The second and less tangible influence that IT is having is on the way engineering solutions are designed and deployed.  Utilities and grid operators must move away from a traditional project-by-project view of network engineering improvements to a platform perspective more familiar to IT projects.  The smart grid requires an architectural approach in terms of standardization and the use of common communication and integration platforms.  The increased adaptability required of distribution networks also means that “loosely-coupled” integration will become more important at the network data level, allowing new applications and projects to share data in a rapid, cost effective and yet secure manner.

The third level of impact is organizational.  The importance of improving cooperation across IT and operational technology (OT) functions within utilities was evident in the discussion following my own presentation on smart grid IT.  How will IT and OT work together in future, I asked, and how can the historic barriers between departments be overcome?  Even in the smallish group of utilities present, several paths were being explored for IT/OT collaboration, including bringing IT innovators into the operations team and giving the CIO a greater role in helping define a smart grid strategy. 

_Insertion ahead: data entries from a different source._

//! Boxes along the axes, and whether two of them keep a distance.

ghost use Rattle.std.specs.Prelude.{pos, ◌+ℤ◌, ◌≤ℤ◌, IsTrue};
ghost use Rattle.std.specs.List.{All};
ghost use Rattle.mesh_plane.specs.Plane.{Edge, Point};
ghost use Rattle.mesh_clearance.specs.Boxes.{IsBoxed, IsIn};
ghost use Rattle.mesh_nets.specs.Private.Outlines.{AreBoxesFar};

use mesh_lattice::lattice::{LatticeEdge, LatticePoint};

/// A box: its least corner, then its greatest.
pub type LatticeBox = (LatticePoint, LatticePoint);

/// The box that holds nothing.
const NOTHING: LatticeBox = ((i32::MAX, i32::MAX), (i32::MIN, i32::MIN));

/// The least box with all of a box and a point.
fn with_point(b: LatticeBox, p: LatticePoint) -> LatticeBox
    ensures holds { IsIn result p }
    ensures grows { (q : Point) → IsIn b q → IsIn result q }
{
    (
        (b.0.0.min(p.0), b.0.1.min(p.1)),
        (b.1.0.max(p.0), b.1.1.max(p.1)),
    )
}

/// The least box with all of a box and an edge.
fn with_edge(b: LatticeBox, e: LatticeEdge) -> LatticeBox
    ensures holds { IsBoxed result e }
    ensures grows { (f : Edge) → IsBoxed b f → IsBoxed result f }
{
    with_point(with_point(b, e.0), e.1)
}

/// The least box that holds edges.
pub fn box_around(edges: &[LatticeEdge]) -> LatticeBox
    ensures { All (IsBoxed result) edges.now }
{
    let mut around = NOTHING;
    for edge in edges {
        around = with_edge(around, *edge);
    }
    around
}

/// Whether a box lies so far beyond another one in x or in y. Then no two points of them are nearer.
pub fn are_far(b: LatticeBox, c: LatticeBox, distance: u32) -> bool
    ensures { IsTrue result → AreBoxesFar distance b c }
{
    if is_beyond(b.1.0, c.0.0, distance) {
        return true;
    }
    if is_beyond(c.1.0, b.0.0, distance) {
        return true;
    }
    if is_beyond(b.1.1, c.0.1, distance) {
        return true;
    }
    is_beyond(c.1.1, b.0.1, distance)
}

/// Whether a number is by at least the distance above another one.
fn is_beyond(low: i32, high: i32, distance: u32) -> bool
    ensures { IsTrue result → (low +ℤ pos distance) ≤ℤ high }
{
    low as i64 + distance as i64 <= high as i64
}
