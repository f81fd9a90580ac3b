//! What is known of each net before nets are compared: its contours, its edges and the box round them.

ghost use Rattle.std.specs.Prelude.{map, length, IfOk};
ghost use Rattle.mesh_num.specs.Paths.{contours_of, shapes_of};
ghost use Rattle.mesh_nets.specs.Private.Outlines.{AreOutlines, IsOutline};

use crate::boxes::{LatticeBox, box_around};
use crate::edges::edges_of;
use mesh_lattice::lattice::LatticeEdge;
use mesh_num::num::IntNumber;
use mesh_num::shape::{FlatContoursBuffer, IntShapes};
use std::alloc::{AllocError, Global};

/// A net's contours, its edges and the box round them.
#[derive(Drop)]
pub struct Outline<I: IntNumber> {
    pub contours: FlatContoursBuffer<I>,
    pub edges: Vec<LatticeEdge>,
    pub around: LatticeBox,
}

fn outline_of<I: IntNumber>(alloc: Global, net: &IntShapes<I>) -> Result<Outline<I>, AllocError>
    ensures { IfOk result (λ outline. IsOutline (contours_of (shapes_of net.now.items)) outline) }
{
    let contours = FlatContoursBuffer::from_shapes(alloc, net)?;
    let edges = edges_of(alloc, &contours)?;
    let around = box_around(&edges);
    Ok(Outline {
        contours,
        edges,
        around,
    })
}

/// The outlines of nets, in order.
pub fn outlines_of<I: IntNumber>(
    alloc: Global,
    nets: &[IntShapes<I>],
) -> Result<Vec<Outline<I>>, AllocError>
    ensures { IfOk result (λ outlines. AreOutlines (map (λ net. shapes_of net.items) nets.now)
        (length nets.now) outlines.items) }
{
    let mut outlines = Vec::new(alloc);
    for net in nets {
        outlines.push(outline_of(alloc, net)?)?;
    }
    Ok(outlines)
}
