//! Which nets of a board come nearer to each other than a distance, and that all others keep it.
//!
//! Read `specs/Nets.antt` first: which points belong to a net, and when two nets are apart.
#![tactic(auto)]

pub(crate) mod boxes;
pub(crate) mod edges;
pub mod nets;
pub(crate) mod outlines;
pub(crate) mod pairs;
pub(crate) mod winding;
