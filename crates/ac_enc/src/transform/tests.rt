ghost use Rattle.std.specs.Prelude.{◌≤◌, ◌^◌, unsigned_abs};
ghost use Rattle.ac_base.specs.Sigma.{Within};

use super::*;

fn first_or_zero(is_first: bool) -> i32
    ensures { unsigned_abs result ≤ 2 ^ 23 }
{
    if is_first { 4_194_304 } else { 0 }
}

/// One sample, and zeros behind it.
fn fill_impulse(pcm: &mut [i32; 1536])
    ensures { Within (2 ^ 23) 1536 pcm.new }
{
    for n in 0..1536usize {
        pcm[n] = first_or_zero(n == 0);
    }
}

// Coefficient 0 of the first block is 23,241.
#[test]
fn impulse_coefficient(rt: HostRuntime) {
    let mut pcm = [0; 1536];
    fill_impulse(&mut pcm);
    let mut rows = [[0; 256]; 6];
    transform(&[0; 256], &pcm, &mut rows);
    assert_eq!(rt; rows[0][0], 23_241);
}
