//! Energies of coefficients.
#![tactic(auto)]

ghost use Rattle.std.specs.Prelude.{◌≡◌, ◌+◌, ◌-◌, ◌*◌, ◌<◌, ◌≤◌, ◌^◌, ℕ, pos, slice_index_or, unsigned_abs};
ghost use Rattle.ac_base.specs.Sigma.{sum_below};
ghost use Rattle.ac_energy.specs.Coefficients.{cell_of};
ghost use Rattle.ac_energy.specs.Energy.{square, energy_of, AreSmallIn};

/// The square of a coefficient.
fn squared(x: i32) -> u64
    requires { unsigned_abs x < 2 ^ 24 }
    ensures value { result ≡ square x }
    ensures bound { result ≤ 2 ^ 48 }
{
    let size = u64::from(x.unsigned_abs());
    size * size
}

/// The energy of one block.
fn block_energy(row: &[i32; 256], start: u8, end: u8) -> u64
    requires { (k : ℕ) → start ≤ k → k < end → unsigned_abs (slice_index_or row.now k (pos 0)) < 2 ^ 24 }
    ensures value { result ≡ sum_below (end - start) (λ i. square (slice_index_or row.now (start + i) (pos 0))) }
    ensures bound { result ≤ 255 * 2 ^ 48 }
{
    let mut sum: u64 = 0;
    for k in start..end {
        sum += squared(row[usize::from(k)]);
    }
    sum
}

/// The energy of a channel: the sum of the squares of its coefficients in a frame's six blocks, at the bins from `start` up to
/// the one before `end`. They are below 2^24 in magnitude.
pub fn energy(rows: &[[i32; 256]; 6], start: u8, end: u8) -> u64
    requires small { AreSmallIn (cell_of rows.now) start end }
    ensures value { result ≡ energy_of (cell_of rows.now) start end }
    ensures bound { result ≤ 2 ^ 59 }
{
    let mut sum: u64 = 0;
    for b in 0..6 {
        sum += block_energy(&rows[b], start, end);
    }
    sum
}

#[cfg(test)]
mod tests;
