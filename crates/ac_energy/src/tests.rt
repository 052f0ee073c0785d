ghost use Rattle.std.specs.Prelude.{◌<◌, ◌≤◌, ◌*◌, ◌^◌, ℕ, [], slice_index_or, unsigned_abs};
ghost use Rattle.ac_base.specs.Sigma.{Within};

use super::energy;

/// 10 b + k, and its negative where b is odd.
fn coefficient(b: usize, k: usize) -> i32
    requires block { b < 6 }
    requires bin { k < 256 }
    ensures { unsigned_abs result ≤ 2 ^ 23 }
{
    let size = (10 * b + k) as i32;
    if b % 2 == 0 { size } else { -size }
}

fn fill_block(b: usize, row: &mut [i32; 256])
    requires { b < 6 }
    ensures { Within (2 ^ 23) 256 row.new }
{
    for k in 0..256usize {
        row[k] = coefficient(b, k);
    }
}

fn fill(rows: &mut [[i32; 256]; 6])
    ensures { (b : ℕ) → b < 6 → Within (2 ^ 23) 256 (slice_index_or rows.new b []) }
{
    for b in 0..6usize {
        fill_block(b, &mut rows[b]);
    }
}

/// In block b the squares of 10 b + 3, 10 b + 4 and 10 b + 5: 300 b^2 + 240 b + 50.
#[test]
fn squares_of_six_blocks(rt: HostRuntime) {
    let mut rows = [[0; 256]; 6];
    fill(&mut rows);
    assert_eq!(rt; energy(&rows, 3, 6), 20400);
    assert_eq!(rt; energy(&rows, 6, 6), 0);
    assert_eq!(rt; energy(&rows, 6, 3), 0);
}
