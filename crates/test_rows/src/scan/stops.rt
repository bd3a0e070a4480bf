//! Rows of a listener that stops, and of a listener that receives whole texts. The pieces of the
//! value are separated by `^`.

use super::reader::Reader;
use super::story::Story;
use resp_scan::{Event, Fault, Listener, OpenKind, ScanError, TextKind};
use resp_value::Cause;
use std::alloc::Global;

/// Prints for each event of a value the number of bytes read when a listener stops at this event,
/// and prints if a later call returns anything else. Then runs a listener that does not stop.
pub(crate) fn say_stops(alloc: Global, reader: &mut Reader, value: &[u8], story: &mut Story) {
    for number in 1..=value.len() {
        let mut heard = Story::new(alloc, number);
        let Some(taken) = stop(reader, value, &mut heard) else {
            break;
        };
        story.keep(taken);
        if !is_stopped_for_good(alloc, reader, taken) {
            story.number("not for good at ", taken);
        }
    }
    story.say_kept();
    reader.say_end(story);
}

/// Returns the number of bytes of a value that were read when a listener stopped, if it stops.
fn stop(reader: &mut Reader, value: &[u8], heard: &mut Story) -> Option<u64> {
    reader.renew();
    for piece in value.split(is_mark) {
        if let Err(ScanError::Stopped { taken }) = reader.scan(piece, heard) {
            return Some(taken);
        }
    }
    None
}

/// Returns whether a byte separates two pieces.
fn is_mark(byte: &u8) -> bool {
    *byte == b'^'
}

/// Returns whether every later call returns `OutOfMemory` at this byte.
fn is_stopped_for_good(alloc: Global, reader: &mut Reader, at: u64) -> bool {
    let cause = Cause::OutOfMemory;
    let fault = Fault { cause, at };
    reader.is_refused_for_good(alloc, b"+OK\r\n", fault)
        && reader.is_refused_for_good(alloc, b"", fault)
}

/// Receives a text that lies completely in the piece in one call, and everything else as [`Story`].
#[derive(Drop)]
struct WholeTexts<'a> {
    story: &'a mut Story,
}

impl<'a> Listener for WholeTexts<'a> {
    ghost Origin = { Unit {0} };

    ghost has_heard = { λ _ _ _. Unit {0} };

    ghost has_stopped = { λ _ _ _. Unit {0} };

    fn null(&mut self) -> bool {
        self.story.null()
    }

    fn truth(&mut self, truth: bool) -> bool {
        self.story.truth(truth)
    }

    fn int(&mut self, number: i64) -> bool {
        self.story.int(number)
    }

    fn text(&mut self, kind: TextKind) -> bool {
        self.story.text(kind)
    }

    fn part(&mut self, part: &[u8]) -> bool {
        self.story.part(part)
    }

    fn text_end(&mut self) -> bool {
        self.story.text_end()
    }

    fn open(&mut self, kind: OpenKind, count: Option<u64>) -> bool {
        self.story.open(kind, count)
    }

    fn close(&mut self) -> bool {
        self.story.close()
    }

    fn whole_text(&mut self, kind: TextKind, bytes: &[u8]) -> bool {
        self.story.tell_whole_text(kind, bytes);
        true
    }
}

/// Prints the events that a listener of whole texts receives.
pub(crate) fn say_whole_texts(reader: &mut Reader, value: &[u8], story: &mut Story) {
    reader.renew();
    for piece in value.split(is_mark) {
        let mut listener = WholeTexts { story: &mut *story };
        match reader.scan(piece, &mut listener) {
            Ok((rest, true)) if rest.is_empty() => story.tell(Event::Done),
            Ok((rest, false)) if rest.is_empty() => {}
            _ => story.item("not the whole piece"),
        }
    }
    reader.say_end(story);
}
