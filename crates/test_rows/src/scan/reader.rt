//! Scanners, and the calls with which they read.

use super::story::Story;
use resp_scan::{Busy, Event, Fault, Listener, ScanError, Scanner};
use resp_value::{Cause, Limits, Version};
use std::alloc::Global;

/// More calls than any piece has events.
const CALLS: usize = 100_000;

/// The call with which a scanner reads.
#[derive(Clone, Copy)]
pub(crate) enum Call {
    /// [`Scanner::step`].
    Step,
    /// [`Scanner::scan`].
    Scan,
}

/// A scanner with its rules, and the call with which it reads.
#[derive(Drop)]
pub(crate) struct Reader {
    call: Call,
    version: Version,
    limits: Limits,
    scanner: Scanner,
}

impl Reader {
    /// Makes a new scanner of this version with these limits.
    pub(crate) fn new(call: Call, version: Version, limits: Limits) -> Reader {
        Reader {
            call,
            version,
            limits,
            scanner: Scanner::new(version, &limits),
        }
    }

    /// Replaces the scanner with a new scanner of the same rules.
    pub(crate) fn renew(&mut self) {
        self.scanner = Scanner::new(self.version, &self.limits);
    }

    /// Changes the version.
    pub(crate) fn set_version(&mut self, version: Version) -> Result<(), Busy> {
        self.scanner.set_version(version)
    }

    /// Makes one step. Returns the rest of the piece and the event.
    pub(crate) fn step<'a>(
        &mut self,
        piece: &'a [u8],
    ) -> Result<(&'a [u8], Option<Event<'a>>), Fault> {
        let step = self.scanner.step(piece)?;
        Ok((&piece[step.used..], step.event))
    }

    /// Makes one call over a piece. Returns the rest of the piece and whether a value has ended.
    pub(crate) fn scan<'a, L: Listener>(
        &mut self,
        piece: &'a [u8],
        listener: &mut L,
    ) -> Result<(&'a [u8], bool), ScanError> {
        let scanned = self.scanner.scan(piece, listener)?;
        Ok((&piece[scanned.used..], scanned.is_whole))
    }

    /// Returns the number of bytes read, and the least number of bytes needed.
    pub(crate) fn taken_and_needed(&self) -> (u64, u64) {
        (self.scanner.taken(), self.scanner.needed())
    }

    /// Reads a piece with its call. Returns the fault, if there is one.
    pub(crate) fn read(&mut self, piece: &[u8], story: &mut Story) -> Option<Fault> {
        match self.call {
            Call::Step => self.read_by_steps(piece, story),
            Call::Scan => self.read_by_scan(piece, story),
        }
    }

    /// Reads a piece with [`Scanner::step`]. Returns the fault, if there is one.
    pub(crate) fn read_by_steps(&mut self, piece: &[u8], story: &mut Story) -> Option<Fault> {
        let mut rest = piece;
        for _ in 0..CALLS {
            let (left, event) = match self.step(rest) {
                Ok(answer) => answer,
                Err(fault) => return Some(fault),
            };
            rest = left;
            let (taken, needed) = self.taken_and_needed();
            story.note(taken, needed);
            let Some(event) = event else {
                break;
            };
            story.tell(event);
        }
        if !rest.is_empty() {
            story.item("not the whole piece");
        }
        None
    }

    /// Reads a piece with [`Scanner::scan`]. Returns the fault, if there is one.
    fn read_by_scan(&mut self, piece: &[u8], story: &mut Story) -> Option<Fault> {
        let mut rest = piece;
        for _ in 0..CALLS {
            let (left, is_whole) = match self.scan(rest, story) {
                Ok(answer) => answer,
                Err(ScanError::Fault(fault)) => return Some(fault),
                Err(ScanError::Stopped { .. }) => {
                    story.item("stopped");
                    return None;
                }
            };
            rest = left;
            let (taken, needed) = self.taken_and_needed();
            story.note(taken, needed);
            if !is_whole {
                break;
            }
            story.tell(Event::Done);
        }
        if !rest.is_empty() {
            story.item("not the whole piece");
        }
        None
    }

    /// Prints whether the input may end. Inside a value, also prints the bytes read, the bytes
    /// needed and the depth.
    pub(crate) fn say_end(&self, story: &mut Story) {
        match self.scanner.finish() {
            Ok(()) => story.item("whole"),
            Err(fault) => story.fault("", fault),
        }
        let (taken, needed) = self.taken_and_needed();
        let depth = self.scanner.depth();
        if taken > 0 || needed != 3 || depth > 0 {
            story.number("taken ", taken);
            story.number("needed ", needed);
            story.number("depth ", depth as u64);
        }
    }

    /// Returns whether the end of the input is the end inside a value of which this many bytes were
    /// read, or the end between two values if the number is 0.
    pub(crate) fn ends_at(&mut self, at: u64) -> bool {
        let cause = Cause::Truncated;
        let (taken, _) = self.taken_and_needed();
        let wanted = match at {
            0 => Ok(()),
            _ => Err(Fault { cause, at }),
        };
        taken == at && self.scanner.finish() == wanted && (at == 0 || self.is_busy())
    }

    /// Returns whether the version cannot be changed.
    fn is_busy(&mut self) -> bool {
        let other = match self.version {
            Version::Two => Version::Three,
            Version::Three => Version::Two,
        };
        self.set_version(other) == Err(Busy)
    }

    /// Returns whether every later call returns this fault and gives no event.
    pub(crate) fn is_refused_for_good(
        &mut self,
        alloc: Global,
        piece: &[u8],
        fault: Fault,
    ) -> bool {
        let (taken, _) = self.taken_and_needed();
        let stepped = self.step(piece).err();
        let finished = self.scanner.finish().err();
        taken == fault.at
            && stepped == Some(fault)
            && finished == Some(fault)
            && self.is_scanned_with(alloc, piece, fault)
            && self.is_busy()
    }

    /// Returns whether [`Scanner::scan`] returns this fault and gives no event.
    fn is_scanned_with(&mut self, alloc: Global, piece: &[u8], fault: Fault) -> bool {
        let mut story = Story::new(alloc, 1);
        let scanned = self.scan(piece, &mut story).err();
        scanned == Some(ScanError::Fault(fault)) && story.is_empty()
    }
}
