//! The line printed for a row of scanners.

use anyhow::{Result, bail};
use resp_scan::{Event, Fault, Listener, OpenKind, TextKind};
use std::alloc::Global;

/// An event that is not part of a text, or a text without bytes.
#[derive(Clone, Copy, PartialEq)]
enum Told {
    Null,
    Bool(bool),
    Int(i64),
    Empty(TextKind),
    Open(OpenKind, Option<u64>),
    Close,
    Done,
}

/// The line printed for a row of scanners: items separated by commas. It is also a listener of
/// events.
///
/// When out of memory it goes on without adding words, and its end reports that.
#[derive(Drop)]
pub(crate) struct Story {
    said: String,
    is_out_of_memory: bool,
    /// Whether it records the number of bytes needed and prints no events.
    is_of_needed: bool,
    /// The last event, which has not been printed, and how many times it occurred.
    last: Option<Told>,
    times: u64,
    /// The kind of a text that has begun, until its first byte is received.
    begun: Option<TextKind>,
    /// Numbers that are printed together.
    numbers: Vec<u64>,
    /// The number of events that it receives before it stops.
    left: usize,
}

impl Story {
    /// Makes a listener that stops at the event of this number.
    pub(crate) fn new(alloc: Global, left: usize) -> Story {
        Story {
            said: String::new(alloc),
            is_out_of_memory: false,
            is_of_needed: false,
            last: None,
            times: 0,
            begun: None,
            numbers: Vec::new(alloc),
            left,
        }
    }

    /// From here on it records the number of bytes needed and prints no events.
    pub(crate) fn turn_to_needed(&mut self) {
        self.is_of_needed = true;
    }

    /// Adds the line of the scanner of this number, if the scanners before it have another line.
    pub(crate) fn join(&mut self, number: usize, other: &mut Story) {
        other.say_told();
        self.is_out_of_memory |= other.is_out_of_memory;
        if number == 0 {
            self.add(other.said.as_str());
        } else if self.said.as_str() != other.said.as_str() {
            self.number("but by scanner ", number as u64);
            self.item(other.said.as_str());
        }
    }

    /// Returns the whole line.
    pub(crate) fn finish(mut self) -> Result<String> {
        self.say_told();
        if self.is_out_of_memory {
            bail!("out of memory");
        }
        Ok(self.said)
    }

    /// Returns whether nothing was printed and no event was received.
    pub(crate) fn is_empty(&self) -> bool {
        self.said.is_empty() && self.last.is_none() && self.begun.is_none()
    }

    /// Adds words to the last item.
    pub(crate) fn add(&mut self, words: &str) {
        if self.said.push_str(words).is_err() {
            self.is_out_of_memory = true;
        }
    }

    fn add_bytes(&mut self, bytes: &[u8]) {
        if write!(self.said, "{}", bytes.escape_ascii()).is_err() {
            self.is_out_of_memory = true;
        }
    }

    fn add_number(&mut self, number: u64) {
        if write!(self.said, "{number}").is_err() {
            self.is_out_of_memory = true;
        }
    }

    fn add_int(&mut self, number: i64) {
        if write!(self.said, "int {number}").is_err() {
            self.is_out_of_memory = true;
        }
    }

    /// Adds the comma between two items.
    fn add_comma(&mut self) {
        if !self.said.is_empty() {
            self.add(", ");
        }
    }

    /// Adds an item that begins with these words.
    pub(crate) fn item(&mut self, words: &str) {
        self.say_told();
        self.add_comma();
        self.add(words);
    }

    /// Adds an item of words and a number.
    pub(crate) fn number(&mut self, words: &str, number: u64) {
        self.item(words);
        self.add_number(number);
    }

    /// Adds an item of words, the name of a cause and its place.
    pub(crate) fn fault(&mut self, words: &str, fault: Fault) {
        self.item(words);
        self.add(fault.cause.name());
        self.add(" at ");
        self.add_number(fault.at);
    }

    /// Adds an event.
    pub(crate) fn tell(&mut self, event: Event) {
        if self.is_of_needed {
            return;
        }
        match event {
            Event::Null => self.count(Told::Null),
            Event::Bool(truth) => self.count(Told::Bool(truth)),
            Event::Int(number) => self.count(Told::Int(number)),
            Event::Text(kind) => self.begun = Some(kind),
            Event::Part(part) => self.tell_part(part),
            Event::TextEnd => match self.begun.take() {
                Some(kind) => self.count(Told::Empty(kind)),
                None => self.add("\""),
            },
            Event::Open(kind, count) => self.count(Told::Open(kind, count)),
            Event::Close => self.count(Told::Close),
            Event::Done => self.count(Told::Done),
        }
    }

    fn tell_part(&mut self, part: &[u8]) {
        self.say_told();
        if part.is_empty() {
            self.add("(an empty part)");
        }
        self.add_bytes(part);
    }

    /// Adds a text that was received in one call.
    pub(crate) fn tell_whole_text(&mut self, kind: TextKind, bytes: &[u8]) {
        self.begun = Some(kind);
        self.say_told();
        self.add_bytes(bytes);
        self.add("\" in one call");
    }

    /// Prints the last event, and the beginning of a text of which nothing was printed.
    fn say_told(&mut self) {
        self.say_last();
        if let Some(kind) = self.begun.take() {
            self.add_comma();
            self.add_kind(kind);
        }
    }

    /// Counts an event that equals the last event. Prints the last event before a different event.
    fn count(&mut self, told: Told) {
        if self.last != Some(told) {
            self.say_last();
            self.last = Some(told);
        }
        self.times = self.times.saturating_add(1);
    }

    /// Prints the last event, and how many times it occurred.
    fn say_last(&mut self) {
        let Some(told) = self.last.take() else {
            return;
        };
        let times = self.times;
        self.times = 0;
        self.add_comma();
        if times > 1 {
            self.add_number(times);
            self.add(" x ");
        }
        self.add_told(told);
    }

    fn add_told(&mut self, told: Told) {
        match told {
            Told::Null => self.add("null"),
            Told::Bool(true) => self.add("true"),
            Told::Bool(false) => self.add("false"),
            Told::Int(number) => self.add_int(number),
            Told::Empty(kind) => {
                self.add_kind(kind);
                self.add("\"");
            }
            Told::Open(kind, count) => self.add_open(kind, count),
            Told::Close => self.add("end"),
            Told::Done => self.add("done"),
        }
    }

    /// Adds the kind of a text, a quotation mark, and the sign of a big number below zero.
    fn add_kind(&mut self, kind: TextKind) {
        self.add(match kind {
            TextKind::Simple => "simple \"",
            TextKind::Error => "error \"",
            TextKind::Double => "double \"",
            TextKind::Bulk => "bulk \"",
            TextKind::BulkError => "bulkerror \"",
            TextKind::Verbatim(_) => "verbatim \"",
            TextKind::Big { negative: true } => "big \"-",
            TextKind::Big { negative: false } => "big \"",
        });
        if let TextKind::Verbatim(format) = kind {
            self.add_bytes(&format);
            self.add("\" \"");
        }
    }

    fn add_open(&mut self, kind: OpenKind, count: Option<u64>) {
        self.add(match kind {
            OpenKind::Array => "array ",
            OpenKind::Set => "set ",
            OpenKind::Map => "map ",
            OpenKind::Attr => "attr ",
            OpenKind::Push => "push ",
        });
        match count {
            Some(count) => self.add_number(count),
            None => self.add("streamed"),
        }
    }

    /// Records a number, which is printed with the others.
    pub(crate) fn keep(&mut self, number: u64) {
        if self.numbers.push(number).is_err() {
            self.is_out_of_memory = true;
        }
    }

    /// Returns the recorded number at this index.
    pub(crate) fn kept(&self, place: usize) -> Option<u64> {
        self.numbers.get(place).copied()
    }

    /// Adds an item of the recorded numbers.
    pub(crate) fn say_kept(&mut self) {
        self.item("");
        for place in 0..self.numbers.len() {
            if place > 0 {
                self.add(" ");
            }
            if let Some(number) = self.kept(place) {
                self.add_number(number);
            }
        }
    }

    /// Records the number needed after this number of bytes if it is the first record, and prints
    /// it if it differs from the record.
    pub(crate) fn note(&mut self, taken: u64, needed: u64) {
        if !self.is_of_needed || self.kept(taken as usize) == Some(needed) {
            return;
        }
        if taken == self.numbers.len() as u64 {
            self.keep(needed);
        } else {
            self.number("other number after ", taken);
        }
    }

    /// Receives an event. Returns whether to continue.
    fn hear(&mut self, event: Event) -> bool {
        self.tell(event);
        self.left = self.left.saturating_sub(1);
        self.left > 0
    }
}

impl Listener for Story {
    ghost Origin = { Unit {0} };

    ghost has_heard = { λ _ _ _. Unit {0} };

    ghost has_stopped = { λ _ _ _. Unit {0} };

    fn null(&mut self) -> bool {
        self.hear(Event::Null)
    }

    fn truth(&mut self, truth: bool) -> bool {
        self.hear(Event::Bool(truth))
    }

    fn int(&mut self, number: i64) -> bool {
        self.hear(Event::Int(number))
    }

    fn text(&mut self, kind: TextKind) -> bool {
        self.hear(Event::Text(kind))
    }

    fn part(&mut self, part: &[u8]) -> bool {
        self.hear(Event::Part(part))
    }

    fn text_end(&mut self) -> bool {
        self.hear(Event::TextEnd)
    }

    fn open(&mut self, kind: OpenKind, count: Option<u64>) -> bool {
        self.hear(Event::Open(kind, count))
    }

    fn close(&mut self) -> bool {
        self.hear(Event::Close)
    }
}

These discussions about IT/OT relationships in Europe echoed similar conversations we have had with North American utilities during the research for the new Pike Research report on Smart Grid Enterprise Architecture.  This is an area that is gaining growing attention in utilities around the world as they adapt to the requirements for successful smart grid deployments.  How the relationship between IT and OT evolves will be one of the shaping factors for the utility business of the future.